Thank you to everybody who made it to Simon McAuley's opening of Light Space, and to his artist talk.
Many thanks to Simon for a very interesting talk (available to view online soon) and a wonderful show!
The show runs until Saturday 23 November, 5pm.
This week, we would like to introduce you to our wonderful volunteer Kevin Morris, who has been working with our Aspire group.
‘Working at Project Ability has been both a rewarding and positive experience, being able to meet and work with a range of talented groups, artists and staff has been truly inspiring. Having had previous experience of teaching and working with groups of various abilities, Project Ability has been a perfect opportunity to build on, develop and learn new skills in a creative and comfortable environment that everyone is part of and contributes to. I feel privileged and very grateful to be a part of this and look forward to spending more time with everyone involved.

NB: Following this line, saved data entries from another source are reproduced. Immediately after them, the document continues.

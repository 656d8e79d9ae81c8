//! Whether a table covers its equations.
ghost use Rattle.std.specs.Prelude.{◌≡◌, ◌<◌, ◌↔◌, ℕ, suc, length, None, IfSome, IfOk, IsTrue, slice_index_or, true};
ghost use Rattle.std.specs.Prelude.{false};
ghost use Rattle.tm_lattice.specs.Tables.{IsBelow, joined_at};
ghost use Rattle.table_covers.specs.Solutions.{at, along, gathered, AreFitting, IsCovered, IsEdgeCovered, IsSolution};
ghost use Rattle.table_covers.specs.Solutions.{IsFirstUncovered, IsEntryCovered, entry_at};

use crate::equations::Equations;
use crate::tables::no_states;
use std::alloc::Global;
use tm_lattice::{Lattice, NoMemory};

/// What of a system a table does not cover.
#[derive(Clone, Copy)]
pub enum Uncovered {
    /// What stands at node 0 besides what its edges bring.
    Entry,
    /// An edge, by its number.
    Edge(usize),
}

/// The first that the table does not cover: the entry, or else the edge with the least number. None exactly where it
/// is a solution.
///
/// Each edge is applied once: those into heads for the join that arrives there, the others by themselves.
pub fn first_uncovered<E: Equations>(
    alloc: Global,
    system: &E,
    table: &[Option<E::State>],
) -> Result<Option<Uncovered>, NoMemory>
    requires system { E.is_system system.now }
    requires nodes { length table.now ≡ (E.system_of system.now).node_count }
    requires fits { AreFitting E.State.Lattice (E.fits system.now) (E.system_of system.now) (at table.now) }
    ensures solution { IfOk result (λ first. (first ≡ None)
        ↔ IsSolution E.State.Lattice (E.fits system.now) (E.system_of system.now) (at table.now)) }
    ensures first { IfOk result (λ first. IfSome first
        (IsFirstUncovered E.State.Lattice (E.fits system.now) (E.system_of system.now) (at table.now))) }
{
    if !is_entry_covered(alloc, system, table)? {
        return Ok(Some(Uncovered::Entry));
    }
    let covered = covered_nodes(alloc, system, table)?;
    for edge in 0..system.links().len() {
        if !is_edge_covered(alloc, system, table, &covered, edge)? {
            return Ok(Some(Uncovered::Edge(edge)));
        }
    }
    Ok(None)
}

// Whether the table is at least what stands at node 0 besides what its edges bring.
fn is_entry_covered<E: Equations>(
    alloc: Global,
    system: &E,
    table: &[Option<E::State>],
) -> Result<bool, NoMemory>
    requires system { E.is_system system.now }
    requires nodes { length table.now ≡ (E.system_of system.now).node_count }
    ensures { IfOk result (λ yes. IsTrue yes
        ↔ IsEntryCovered E.State.Lattice (E.fits system.now) (E.system_of system.now) (at table.now)) }
{
    let entry = system.first(alloc)?;
    Ok(is_below(&entry, &table[0]))
}

// Whether each head is covered, from the join of what arrives there.
fn covered_nodes<E: Equations>(
    alloc: Global,
    system: &E,
    table: &[Option<E::State>],
) -> Result<Vec<bool>, NoMemory>
    requires system { E.is_system system.now }
    requires nodes { length table.now ≡ (E.system_of system.now).node_count }
    requires fits { AreFitting E.State.Lattice (E.fits system.now) (E.system_of system.now) (at table.now) }
    ensures nodes { IfOk result (λ covered. length covered.items ≡ (E.system_of system.now).node_count) }
    ensures covered { IfOk result (λ covered.
        (n : ℕ) → n < (E.system_of system.now).node_count → (E.system_of system.now).heads n ≡ true
        → (IsTrue (slice_index_or covered.items n false)
        ↔ IsCovered E.State.Lattice (E.fits system.now) (E.system_of system.now) (at table.now) n)) }
{
    let arrived = arrivals(alloc, system, table)?;
    covered_heads(alloc, system, table, &arrived)
}

// Whether the one state is below the other, where None is bottom.
fn is_below<L: Lattice>(one: &Option<L>, other: &Option<L>) -> bool
    ensures { IsTrue result ↔ IsBelow L.leq one.now other.now }
{
    match (one, other) {
        (None, _) => true,
        (Some(_), None) => false,
        (Some(a), Some(b)) => a.below(b),
    }
}

// The join of what the entry and all edges bring, at each head.
fn arrivals<E: Equations>(
    alloc: Global,
    system: &E,
    table: &[Option<E::State>],
) -> Result<Vec<Option<E::State>>, NoMemory>
    requires system { E.is_system system.now }
    requires nodes { length table.now ≡ (E.system_of system.now).node_count }
    requires fits { AreFitting E.State.Lattice (E.fits system.now) (E.system_of system.now) (at table.now) }
    ensures nodes { IfOk result (λ arrived. length arrived.items ≡ (E.system_of system.now).node_count) }
    ensures all { IfOk result (λ arrived.
        (n : ℕ) → n < (E.system_of system.now).node_count → (E.system_of system.now).heads n ≡ true
        → slice_index_or arrived.items n None
        ≡ gathered E.State.Lattice (E.fits system.now) (E.system_of system.now)
        (length (E.system_of system.now).links) n (at table.now)) }
{
    let mut arrived = entered(alloc, system)?;
    for edge in 0..system.links().len() {
        arrive(alloc, system, table, &mut arrived, edge)?;
    }
    Ok(arrived)
}

// What the entry brings to each node.
fn entered<E: Equations>(alloc: Global, system: &E) -> Result<Vec<Option<E::State>>, NoMemory>
    requires { E.is_system system.now }
    ensures nodes { IfOk result (λ arrived. length arrived.items ≡ (E.system_of system.now).node_count) }
    ensures all { IfOk result (λ arrived. (n : ℕ) → slice_index_or arrived.items n None
        ≡ entry_at (E.system_of system.now).entry n) }
{
    let first = system.first(alloc)?;
    let mut arrived = no_states(alloc, system.nodes())?;
    arrived[0] = first;
    Ok(arrived)
}

// Joins what one edge brings to a head.
fn arrive<E: Equations>(
    alloc: Global,
    system: &E,
    table: &[Option<E::State>],
    arrived: &mut [Option<E::State>],
    edge: usize,
) -> Result<(), NoMemory>
    requires system { E.is_system system.now }
    requires nodes { length table.now ≡ (E.system_of system.now).node_count }
    requires arrived { length arrived.old ≡ (E.system_of system.now).node_count }
    requires fits { AreFitting E.State.Lattice (E.fits system.now) (E.system_of system.now) (at table.now) }
    requires edge { edge < length (E.system_of system.now).links }
    requires so_far { (n : ℕ) → n < (E.system_of system.now).node_count → (E.system_of system.now).heads n ≡ true
        → slice_index_or arrived.old n None
        ≡ gathered E.State.Lattice (E.fits system.now) (E.system_of system.now) edge n (at table.now) }
    ensures { IfOk result (λ _.
        (n : ℕ) → n < (E.system_of system.now).node_count → (E.system_of system.now).heads n ≡ true
        → slice_index_or arrived.new n None
        ≡ gathered E.State.Lattice (E.fits system.now) (E.system_of system.now) (suc edge) n (at table.now)) }
{
    let to = system.links()[edge].to;
    if !system.is_head(to) {
        return Ok(());
    }
    let brought = along_edge(alloc, system, table, edge)?;
    let joined = joined_states(alloc, &arrived[to], brought)?;
    arrived[to] = joined;
    Ok(())
}

// The join of two states or bottoms.
fn joined_states<L: Lattice>(
    alloc: Global,
    one: &Option<L>,
    other: Option<L>,
) -> Result<Option<L>, NoMemory>
    ensures { IfOk result (λ both. both ≡ joined_at L.joined one.now other) }
{
    match (one, other) {
        (None, other) => Ok(other),
        (Some(a), None) => Ok(Some(a.copied(alloc)?)),
        (Some(a), Some(b)) => Ok(Some(a.join(alloc, &b)?)),
    }
}

// What an edge brings.
fn along_edge<E: Equations>(
    alloc: Global,
    system: &E,
    table: &[Option<E::State>],
    edge: usize,
) -> Result<Option<E::State>, NoMemory>
    requires system { E.is_system system.now }
    requires nodes { length table.now ≡ (E.system_of system.now).node_count }
    requires fits { AreFitting E.State.Lattice (E.fits system.now) (E.system_of system.now) (at table.now) }
    requires edge { edge < length (E.system_of system.now).links }
    ensures { IfOk result (λ brought.
        brought ≡ along E.State.Lattice (E.fits system.now) (E.system_of system.now) edge (at table.now)) }
{
    let from = system.links()[edge].from;
    match &table[from] {
        None => Ok(None),
        Some(state) => system.apply(alloc, edge, state),
    }
}

// Whether each head is covered.
fn covered_heads<E: Equations>(
    alloc: Global,
    system: &E,
    table: &[Option<E::State>],
    arrived: &[Option<E::State>],
) -> Result<Vec<bool>, NoMemory>
    requires system { E.is_system system.now }
    requires nodes { length table.now ≡ (E.system_of system.now).node_count }
    requires arrived { length arrived.now ≡ (E.system_of system.now).node_count }
    requires fits { AreFitting E.State.Lattice (E.fits system.now) (E.system_of system.now) (at table.now) }
    requires all { (n : ℕ) → n < (E.system_of system.now).node_count → (E.system_of system.now).heads n ≡ true
        → slice_index_or arrived.now n None
        ≡ gathered E.State.Lattice (E.fits system.now) (E.system_of system.now)
        (length (E.system_of system.now).links) n (at table.now) }
    ensures nodes { IfOk result (λ covered. length covered.items ≡ (E.system_of system.now).node_count) }
    ensures covered { IfOk result (λ covered.
        (n : ℕ) → n < (E.system_of system.now).node_count → (E.system_of system.now).heads n ≡ true
        → (IsTrue (slice_index_or covered.items n false)
        ↔ IsCovered E.State.Lattice (E.fits system.now) (E.system_of system.now) (at table.now) n)) }
{
    let mut covered = Vec::new(alloc);
    for node in 0..system.nodes() {
        covered.push(is_head_covered(alloc, system, table, arrived, node)?)?;
    }
    Ok(covered)
}

// Whether a head is covered. Nothing is said of other nodes.
fn is_head_covered<E: Equations>(
    alloc: Global,
    system: &E,
    table: &[Option<E::State>],
    arrived: &[Option<E::State>],
    node: usize,
) -> Result<bool, NoMemory>
    requires system { E.is_system system.now }
    requires nodes { length table.now ≡ (E.system_of system.now).node_count }
    requires arrived { length arrived.now ≡ (E.system_of system.now).node_count }
    requires fits { AreFitting E.State.Lattice (E.fits system.now) (E.system_of system.now) (at table.now) }
    requires node { node < (E.system_of system.now).node_count }
    requires all { (E.system_of system.now).heads node ≡ true
        → slice_index_or arrived.now node None
        ≡ gathered E.State.Lattice (E.fits system.now) (E.system_of system.now)
        (length (E.system_of system.now).links) node (at table.now) }
    ensures { IfOk result (λ covered. (E.system_of system.now).heads node ≡ true
        → (IsTrue covered
        ↔ IsCovered E.State.Lattice (E.fits system.now) (E.system_of system.now) (at table.now) node)) }
{
    if !system.is_head(node) {
        return Ok(true);
    }
    let Some(state) = &arrived[node] else {
        return Ok(true);
    };
    let rounded = system.rounded(alloc, node, state.copied(alloc)?)?;
    Ok(is_below(&Some(rounded), &table[node]))
}

// Whether an edge is covered.
fn is_edge_covered<E: Equations>(
    alloc: Global,
    system: &E,
    table: &[Option<E::State>],
    covered: &[bool],
    edge: usize,
) -> Result<bool, NoMemory>
    requires system { E.is_system system.now }
    requires nodes { length table.now ≡ (E.system_of system.now).node_count }
    requires flags { length covered.now ≡ (E.system_of system.now).node_count }
    requires fits { AreFitting E.State.Lattice (E.fits system.now) (E.system_of system.now) (at table.now) }
    requires edge { edge < length (E.system_of system.now).links }
    requires covered { (n : ℕ) → n < (E.system_of system.now).node_count → (E.system_of system.now).heads n ≡ true
        → (IsTrue (slice_index_or covered.now n false)
        ↔ IsCovered E.State.Lattice (E.fits system.now) (E.system_of system.now) (at table.now) n) }
    ensures { IfOk result (λ yes. IsTrue yes
        ↔ IsEdgeCovered E.State.Lattice (E.fits system.now) (E.system_of system.now) (at table.now) edge) }
{
    let to = system.links()[edge].to;
    if system.is_head(to) {
        return Ok(covered[to]);
    }
    let brought = along_edge(alloc, system, table, edge)?;
    Ok(is_below(&brought, &table[to]))
}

Since graduating from The Glasgow School of Art in 2010 I have been predominantly working in ceramics, pursuing my own practice as well as working with others. I try to approach my work in an experimental way reacting to material and process as well as the landscape I find myself in. I am open to embracing new techniques in my work and value opportunities to pass on these skills as well as learn and work with other people.’
Thank you Kevin!
Project Ability attended the Generation launch on Thursday 7 November at Tramway with Cameron Morgan.
Cameron has been attending Project Ability since 1991 and he will create an expansive mural in the gallery as our celebration of 25 years of contemporary art in Scotland. Cameron is planning a mural encompassing a timeline Scottish culture and architecture from the early 20th century to present day; from the humbler days of the trams, through to the ever-sprawling riverside regeneration including the ultramodern Hydro.
100 artists will exhibit their work in various venues across the country everywhere from Orkney to Dumfries as part of a major celebration of contemporary art in Scotland and this number is continuing to grow.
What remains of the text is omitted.